PROBLEM DESCRIPTION: All entries below are to be duplicated verbatim.

Stored data
-*-
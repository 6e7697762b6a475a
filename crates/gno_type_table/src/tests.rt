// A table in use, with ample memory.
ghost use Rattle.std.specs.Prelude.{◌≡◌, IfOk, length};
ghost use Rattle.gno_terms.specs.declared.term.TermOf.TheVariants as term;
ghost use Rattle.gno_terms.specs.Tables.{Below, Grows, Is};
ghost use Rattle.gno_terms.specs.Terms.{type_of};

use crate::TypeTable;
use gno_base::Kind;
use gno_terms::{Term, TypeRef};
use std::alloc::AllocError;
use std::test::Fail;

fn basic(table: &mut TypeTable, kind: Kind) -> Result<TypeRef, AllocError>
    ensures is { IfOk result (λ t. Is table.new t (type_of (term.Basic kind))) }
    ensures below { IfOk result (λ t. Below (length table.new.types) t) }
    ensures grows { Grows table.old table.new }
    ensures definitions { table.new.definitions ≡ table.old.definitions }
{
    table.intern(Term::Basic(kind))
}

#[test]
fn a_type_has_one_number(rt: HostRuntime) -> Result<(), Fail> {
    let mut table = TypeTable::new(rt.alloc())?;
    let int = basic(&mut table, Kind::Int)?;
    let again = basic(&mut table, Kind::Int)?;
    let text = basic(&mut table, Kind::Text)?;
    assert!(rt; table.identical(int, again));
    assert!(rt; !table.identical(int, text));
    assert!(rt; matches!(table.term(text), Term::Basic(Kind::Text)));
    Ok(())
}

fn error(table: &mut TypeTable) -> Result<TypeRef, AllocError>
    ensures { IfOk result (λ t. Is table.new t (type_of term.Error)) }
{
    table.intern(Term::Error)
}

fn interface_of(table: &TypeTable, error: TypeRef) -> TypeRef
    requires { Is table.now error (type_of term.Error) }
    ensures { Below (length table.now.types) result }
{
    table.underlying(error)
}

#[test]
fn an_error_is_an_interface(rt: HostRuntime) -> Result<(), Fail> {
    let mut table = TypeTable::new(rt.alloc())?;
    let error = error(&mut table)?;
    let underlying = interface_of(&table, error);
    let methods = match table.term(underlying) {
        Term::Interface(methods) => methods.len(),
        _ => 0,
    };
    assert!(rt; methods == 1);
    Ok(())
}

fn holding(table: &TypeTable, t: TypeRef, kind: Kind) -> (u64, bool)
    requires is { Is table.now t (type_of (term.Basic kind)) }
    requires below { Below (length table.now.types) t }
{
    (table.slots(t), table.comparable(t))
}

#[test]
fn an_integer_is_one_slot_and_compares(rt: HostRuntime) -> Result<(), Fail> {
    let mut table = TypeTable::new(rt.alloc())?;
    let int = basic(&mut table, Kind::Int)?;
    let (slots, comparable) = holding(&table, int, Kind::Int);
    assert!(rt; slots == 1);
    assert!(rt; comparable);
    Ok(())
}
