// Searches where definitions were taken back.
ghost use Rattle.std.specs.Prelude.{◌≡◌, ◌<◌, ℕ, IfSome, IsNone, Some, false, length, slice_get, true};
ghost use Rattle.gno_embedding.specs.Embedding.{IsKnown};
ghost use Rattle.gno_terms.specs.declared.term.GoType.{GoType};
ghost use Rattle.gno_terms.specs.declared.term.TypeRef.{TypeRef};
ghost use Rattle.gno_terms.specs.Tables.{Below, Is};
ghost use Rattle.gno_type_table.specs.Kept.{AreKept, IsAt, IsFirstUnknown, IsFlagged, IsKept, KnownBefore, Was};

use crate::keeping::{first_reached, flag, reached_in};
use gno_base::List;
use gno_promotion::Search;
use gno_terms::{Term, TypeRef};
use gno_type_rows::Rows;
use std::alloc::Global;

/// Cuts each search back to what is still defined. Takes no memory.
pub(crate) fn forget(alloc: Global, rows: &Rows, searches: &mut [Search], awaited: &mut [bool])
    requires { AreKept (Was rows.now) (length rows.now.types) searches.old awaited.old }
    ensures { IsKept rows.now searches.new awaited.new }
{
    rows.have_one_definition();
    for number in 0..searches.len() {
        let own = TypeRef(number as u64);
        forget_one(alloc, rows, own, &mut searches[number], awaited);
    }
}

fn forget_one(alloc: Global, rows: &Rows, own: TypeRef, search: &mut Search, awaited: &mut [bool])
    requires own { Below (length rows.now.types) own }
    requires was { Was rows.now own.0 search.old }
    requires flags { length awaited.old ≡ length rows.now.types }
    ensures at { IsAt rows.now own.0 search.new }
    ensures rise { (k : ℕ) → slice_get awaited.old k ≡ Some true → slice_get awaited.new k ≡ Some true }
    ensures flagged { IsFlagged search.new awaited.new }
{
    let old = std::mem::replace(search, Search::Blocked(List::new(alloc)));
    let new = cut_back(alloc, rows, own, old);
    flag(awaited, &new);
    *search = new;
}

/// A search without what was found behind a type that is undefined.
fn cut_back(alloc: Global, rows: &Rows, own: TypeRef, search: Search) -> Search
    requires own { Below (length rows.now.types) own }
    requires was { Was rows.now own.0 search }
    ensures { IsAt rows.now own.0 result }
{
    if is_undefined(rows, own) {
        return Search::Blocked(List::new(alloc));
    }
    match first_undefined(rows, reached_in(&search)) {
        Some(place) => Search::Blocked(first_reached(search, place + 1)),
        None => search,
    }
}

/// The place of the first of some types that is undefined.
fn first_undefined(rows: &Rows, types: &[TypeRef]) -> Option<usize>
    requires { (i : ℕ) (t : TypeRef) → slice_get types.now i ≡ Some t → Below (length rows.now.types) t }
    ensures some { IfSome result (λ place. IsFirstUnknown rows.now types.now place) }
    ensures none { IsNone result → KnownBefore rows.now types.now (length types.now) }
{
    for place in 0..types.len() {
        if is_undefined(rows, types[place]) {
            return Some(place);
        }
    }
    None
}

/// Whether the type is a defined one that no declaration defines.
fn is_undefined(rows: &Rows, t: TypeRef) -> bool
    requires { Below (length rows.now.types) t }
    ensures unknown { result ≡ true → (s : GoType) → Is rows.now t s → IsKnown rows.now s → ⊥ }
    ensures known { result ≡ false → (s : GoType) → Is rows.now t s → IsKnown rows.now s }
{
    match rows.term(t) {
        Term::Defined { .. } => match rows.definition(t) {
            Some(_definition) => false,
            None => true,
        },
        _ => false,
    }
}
-*-
RESULT OF THE TASK:
repository 6e7697762b6a475a
filename crates/gno_type_table/src/tests.rt
// A table in use, with ample memory.
ghost use Rattle.std.specs.Prelude.{◌≡◌, IfOk, length};
ghost use Rattle.gno_terms.specs.declared.term.TermOf.TheVariants as term;
ghost use Rattle.gno_terms.specs.Tables.{Below, Grows, Is};
ghost use Rattle.gno_terms.specs.Terms.{type_of};

use crate::TypeTable;
use gno_base::Kind;
use gno_terms::{Term, TypeRef};
use std::alloc::AllocError;
use std::test::Fail;

fn basic(table: &mut TypeTable, kind: Kind) -> Result<TypeRef, AllocError>
    ensures is { IfOk result (λ t. Is table.new t (type_of (term.Basic kind))) }
    ensures below { IfOk result (λ t. Below (length table.new.types) t) }
    ensures grows { Grows table.old table.new }
    ensures definitions { table.new.definitions ≡ table.old.definitions }
{
    table.intern(Term::Basic(kind))
}

#[test]
fn a_type_has_one_number(rt: HostRuntime) -> Result<(), Fail> {
    let mut table = TypeTable::new(rt.alloc())?;
    let int = basic(&mut table, Kind::Int)?;
    let again = basic(&mut table, Kind::Int)?;
    let text = basic(&mut table, Kind::Text)?;
    assert!(rt; table.identical(int, again));
    assert!(rt; !table.identical(int, text));
    assert!(rt; matches!(table.term(text), Term::Basic(Kind::Text)));
    Ok(())
}

fn error(table: &mut TypeTable) -> Result<TypeRef, AllocError>
    ensures { IfOk result (λ t. Is table.new t (type_of term.Error)) }
{
    table.intern(Term::Error)
}

fn interface_of(table: &TypeTable, error: TypeRef) -> TypeRef
    requires { Is table.now error (type_of term.Error) }
    ensures { Below (length table.now.types) result }
{
    table.underlying(error)
}

#[test]
fn an_error_is_an_interface(rt: HostRuntime) -> Result<(), Fail> {
    let mut table = TypeTable::new(rt.alloc())?;
    let error = error(&mut table)?;
    let underlying = interface_of(&table, error);
    let methods = match table.term(underlying) {
        Term::Interface(methods) => methods.len(),
        _ => 0,
    };
    assert!(rt; methods == 1);
    Ok(())
}

fn holding(table: &TypeTable, t: TypeRef, kind: Kind) -> (u64, bool)
    requires is { Is table.now t (type_of (term.Basic kind)) }
    requires below { Below (length table.now.types) t }
{
    (table.slots(t), table.comparable(t))
}

#[test]
fn an_integer_is_one_slot_and_compares(rt: HostRuntime) -> Result<(), Fail> {
    let mut table = TypeTable::new(rt.alloc())?;
    let int = basic(&mut table, Kind::Int)?;
    let (slots, comparable) = holding(&table, int, Kind::Int);
    assert!(rt; slots == 1);
    assert!(rt; comparable);
    Ok(())
}
// Searches where definitions were taken back.
ghost use Rattle.std.specs.Prelude.{◌≡◌, ◌<◌, ℕ, IfSome, IsNone, Some, false, length, slice_get, true};
ghost use Rattle.gno_embedding.specs.Embedding.{IsKnown};
ghost use Rattle.gno_terms.specs.declared.term.GoType.{GoType};
ghost use Rattle.gno_terms.specs.declared.term.TypeRef.{TypeRef};
ghost use Rattle.gno_terms.specs.Tables.{Below, Is};
ghost use Rattle.gno_type_table.specs.Kept.{AreKept, IsAt, IsFirstUnknown, IsFlagged, IsKept, KnownBefore, Was};

use crate::keeping::{first_reached, flag, reached_in};
use gno_base::List;
use gno_promotion::Search;
use gno_terms::{Term, TypeRef};
use gno_type_rows::Rows;
use std::alloc::Global;

/// Cuts each search back to what is still defined. Takes no memory.
pub(crate) fn forget(alloc: Global, rows: &Rows, searches: &mut [Search], awaited: &mut [bool])
    requires { AreKept (Was rows.now) (length rows.now.types) searches.old awaited.old }
    ensures { IsKept rows.now searches.new awaited.new }
{
    rows.have_one_definition();
    for number in 0..searches.len() {
        let own = TypeRef(number as u64);
        forget_one(alloc, rows, own, &mut searches[number], awaited);
    }
}

fn forget_one(alloc: Global, rows: &Rows, own: TypeRef, search: &mut Search, awaited: &mut [bool])
    requires own { Below (length rows.now.types) own }
    requires was { Was rows.now own.0 search.old }
    requires flags { length awaited.old ≡ length rows.now.types }
    ensures at { IsAt rows.now own.0 search.new }
    ensures rise { (k : ℕ) → slice_get awaited.old k ≡ Some true → slice_get awaited.new k ≡ Some true }
    ensures flagged { IsFlagged search.new awaited.new }
{
    let old = std::mem::replace(search, Search::Blocked(List::new(alloc)));
    let new = cut_back(alloc, rows, own, old);
    flag(awaited, &new);
    *search = new;
}

/// A search without what was found behind a type that is undefined.
fn cut_back(alloc: Global, rows: &Rows, own: TypeRef, search: Search) -> Search
    requires own { Below (length rows.now.types) own }
    requires was { Was rows.now own.0 search }
    ensures { IsAt rows.now own.0 result }
{
    if is_undefined(rows, own) {
        return Search::Blocked(List::new(alloc));
    }
    match first_undefined(rows, reached_in(&search)) {
        Some(place) => Search::Blocked(first_reached(search, place + 1)),
        None => search,
    }
}

/// The place of the first of some types that is undefined.
fn first_undefined(rows: &Rows, types: &[TypeRef]) -> Option<usize>
    requires { (i : ℕ) (t : TypeRef) → slice_get types.now i ≡ Some t → Below (length rows.now.types) t }
    ensures some { IfSome result (λ place. IsFirstUnknown rows.now types.now place) }
    ensures none { IsNone result → KnownBefore rows.now types.now (length types.now) }
{
    for place in 0..types.len() {
        if is_undefined(rows, types[place]) {
            return Some(place);
        }
    }
    None
}

/// Whether the type is a defined one that no declaration defines.
fn is_undefined(rows: &Rows, t: TypeRef) -> bool
    requires { Below (length rows.now.types) t }
    ensures unknown { result ≡ true → (s : GoType) → Is rows.now t s → IsKnown rows.now s → ⊥ }
    ensures known { result ≡ false → (s : GoType) → Is rows.now t s → IsKnown rows.now s }
{
    match rows.term(t) {
        Term::Defined { .. } => match rows.definition(t) {
            Some(_definition) => false,
            None => true,
        },
        _ => false,
    }
}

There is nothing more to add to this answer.